Our first day, Monday, 8 July 2024, began with a warm welcome by Dr. Justin Solomon, SGI Director. Without wasting any time, we dove into the introductory material of geometry processing with the guidance of Dr. Oded Stein, who also served as the tutorial week chair. We then had a session on visualizing 3D data with Dr. Qingnan Zhou, a research engineer at Adobe Research.
It is one of the guiding philosophies of SGI that many of the fellows come from various backgrounds. I thought to myself, “not everyone will be at the same skill-level.” To my pleasant surprise, Dr. Stein’s material covered the absolute basics bringing everyone on the call to the same page, or rather presentation slide. The remaining four days followed the same principle, which is something I found admirable.

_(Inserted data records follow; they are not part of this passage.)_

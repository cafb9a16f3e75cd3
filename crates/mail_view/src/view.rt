//! A mail as text for people.
ghost use Rattle.std.specs.Prelude.{◌≡◌};
ghost use Rattle.mailparse.specs.Outcome.{GivesText};
ghost use Rattle.mailparse.specs.Views.{placements_of, tree_of};
ghost use Rattle.mail_read.specs.Reading.{mail_placements};
ghost use Rattle.mail_program.specs.Streams.{Writes};
ghost use Rattle.mail_view.specs.View.{view_text};

use crate::headers::push_headers;
use crate::parts::push_parts;
use crate::text::push_body;
use mail_html::References;
use mail_program::Fault;
use mailparse::{KnownCharsets, MailParseError, ParsedMail};
use std::alloc::Global;
use std::io::Write;

/// Returns a mail as text for people: its addresses, its date and its subject, the texts that are
/// read one after another with the targets of links, and its parts with their sizes and the names of
/// their files.
///
/// The mail is as `read_mail` returned it, in the charsets `known`, and HTML under these references.
/// Each line is empty, begins with a fixed text such as `Subject:  `, or is one of a text of the
/// mail, which begins with two spaces. Each text but the first follows a line with the path of its
/// part, such as `Text:     2`. A character that would move the cursor of a terminal, end a line or
/// change the direction of text is shown as U+FFFD, and a tab as four spaces. Allocates the text,
/// the texts of the mail, and the decoded bodies one after another.
///
/// # Errors
///
/// `MailParseError::Memory` if it runs out of memory.
///
/// # Examples
///
/// ```rust
/// use mail_read::reading::{DEFAULT_LIMIT, read_mail};
/// use mail_html::References;
/// use mail_view::view_of;
///
/// let raw = b"From: =?utf-8?q?=C3=89va?= <eva@example.org>\nSubject: Hi\x1B[2J\n\nFrom: me\n\n\tyes";
/// let mail = read_mail(alloc, raw, DEFAULT_LIMIT, &())?;
/// let text = "From:     Éva <eva@example.org>\nSubject:  Hi\u{fffd}[2J\n\n  From: me\n\n      yes\n\n\
///     Part:     1     text/plain                14 bytes\n";
/// assert_eq!(rt; view_of(alloc, &mail, &References::standard(), &())?.as_str(), text);
/// ```
#[tactic(auto, unfolding(crate::specs::View::view_text), using(crate::proofs::lemmas::Lines::lines_append))]
pub fn view_of<K: KnownCharsets>(
    alloc: Global,
    mail: &ParsedMail<'_>,
    references: &References<'_>,
    known: &K,
) -> Result<String, MailParseError>
    requires placed { placements_of mail.now ≡ mail_placements (tree_of mail.now) }
    ensures { GivesText result (view_text references.now (K.known known.now) (tree_of mail.now)) }
{
    let mut shown = String::new(alloc);
    push_headers(alloc, &mut shown, mail, known)?;
    push_body(alloc, &mut shown, mail, references, known)?;
    push_parts(alloc, &mut shown, mail, known)?;
    Ok(shown)
}

/// Writes a mail as `view_of` returns it.
///
/// Allocates the text, the texts of the mail, and the decoded bodies one after another.
///
/// # Errors
///
/// `Fault::Output` if a write fails, and `Fault::Mail` with `MailParseError::Memory` if it runs out
/// of memory.
///
/// # Examples
///
/// ```rust
/// use mail_read::reading::{DEFAULT_LIMIT, read_mail};
/// use mail_html::References;
/// use mail_view::write_view;
///
/// let mail = read_mail(alloc, b"Subject: Hi\n\nHello\n", DEFAULT_LIMIT, &())?;
/// let mut out = Vec::new(alloc);
/// write_view(alloc, &mut out, &mail, &References::standard(), &())?;
/// assert!(rt; out.as_slice().starts_with(b"Subject:  Hi\n\n  Hello\n\nPart:     1"));
/// ```
pub fn write_view<W: Write, K: KnownCharsets>(
    alloc: Global,
    out: &mut W,
    mail: &ParsedMail<'_>,
    references: &References<'_>,
    known: &K,
) -> Result<(), Fault>
    requires placed { placements_of mail.now ≡ mail_placements (tree_of mail.now) }
    ensures { Writes (W.contents out.old) (W.contents out.new) result
        (view_text references.now (K.known known.now) (tree_of mail.now)) }
{
    let text = view_of(alloc, mail, references, known)?;
    out.write_all(text.as_bytes())?;
    Ok(())
}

Our second day, slightly more complicated, was all about parameterization. The introduction was delivered by Richard Liu, a Ph.D. student at the University of Chicago, followed by a lecture on texture maps using PyTorch and texture optimization by Dale Decatur, also a Ph.D. student at UChicago. As a part of their lecture, Richard and Dale also assisted in setting up Jupyter notebooks to complete exercises– it was great help to those new to using such tools.

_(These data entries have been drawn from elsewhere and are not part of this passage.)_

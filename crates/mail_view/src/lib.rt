//! Mails as text for people: the headers that matter, the texts to be read, and the list of the
//! parts, over any writer.
//!
//! No mail moves the cursor of a terminal or forges a line: `laws` says why. `view_of` returns the
//! text of a mail, `write_view` writes it, and `write_single` and `write_mailbox` show an input.
//! `write_report` writes what was found in a mail.
//!
//! The rules of this layer are its own. The examples run in a function that has the runtime `rt`
//! and its allocator `alloc`.
#![tactic(auto)]

mod addresses;
mod headers;
mod input;
pub mod laws;
mod line;
mod names;
mod parts;
mod report;
mod row;
mod text;
mod view;
mod visible;

pub use input::{write_mailbox, write_refusal, write_single, write_title};
pub use line::Prefix;
pub use report::write_report;
pub use view::{view_of, write_view};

Since day two was slightly more complicated, there were many great, deep questions about the material. I want to point out the commendable job of the TAs and lecturers themselves on their quick turnaround, succinct answers, and vast resourcefulness. So many papers and articles were exchanged to enhance understanding!
Our third day was a day of realism. Soon-to-be faculty member at Columbia University, Silvia Sellán, covered how the academic community represents 2D- and 3D-shapes. Silvia emphasized the needs of the industry and academic community and offered the pros and cons of each representation. It all came down what a problem needs and what data is available to solve the problem. Silvia also offered a taste of alternate application to common methods and encouraged the 2024 fellows to do the same as they pursue research. The day ended with a guest appearance by Towaki Takikawa, a Ph.D. student from the University of Toronto. Towaki spoke about alternate geometry representations and neural fields with some live demos.
Day four dove deeper into geometry processing algorithms– a special focus on the level-of-detail methods. Which, having understood it, is really intuitive and neat thing to have in our toolbox! This material was taught by Derek Liu, a research scientist at Roblox Inc., and Eris Zhang, a Ph.D. student at Stanford. These talks were the most technical in the tutorial week. I think all the fellows appreciated Derek’s and Eris’s help toward the end of the day to stay back and assist everyone with the exercises.
Our last day was with Dr. Nicholas Sharp, a research scientist at NVIDIA who is also the author of a community-favorite software program, Polyscope. Dr. Sharp focused on what I think is the most important skill in all of programming: debugging. What if we get bad data? How do we deal with data that is beyond what is ideal? Day five was all about code-writing practices and debugging relating to these questions. While this day was technical, Dr. Sharp made it intuitive and easy-to-digest. We also had a complementary session by guest speaker Zachary Ferguson, a postdoc at MIT, on dealing with floating points in collision detection.
Five days of studying all kinds of new things. I, for one, am excited to work on my first project. With such a robust introduction, I feel more confident, as I am sure do others. Good luck to all the fellows, mentors, and volunteers!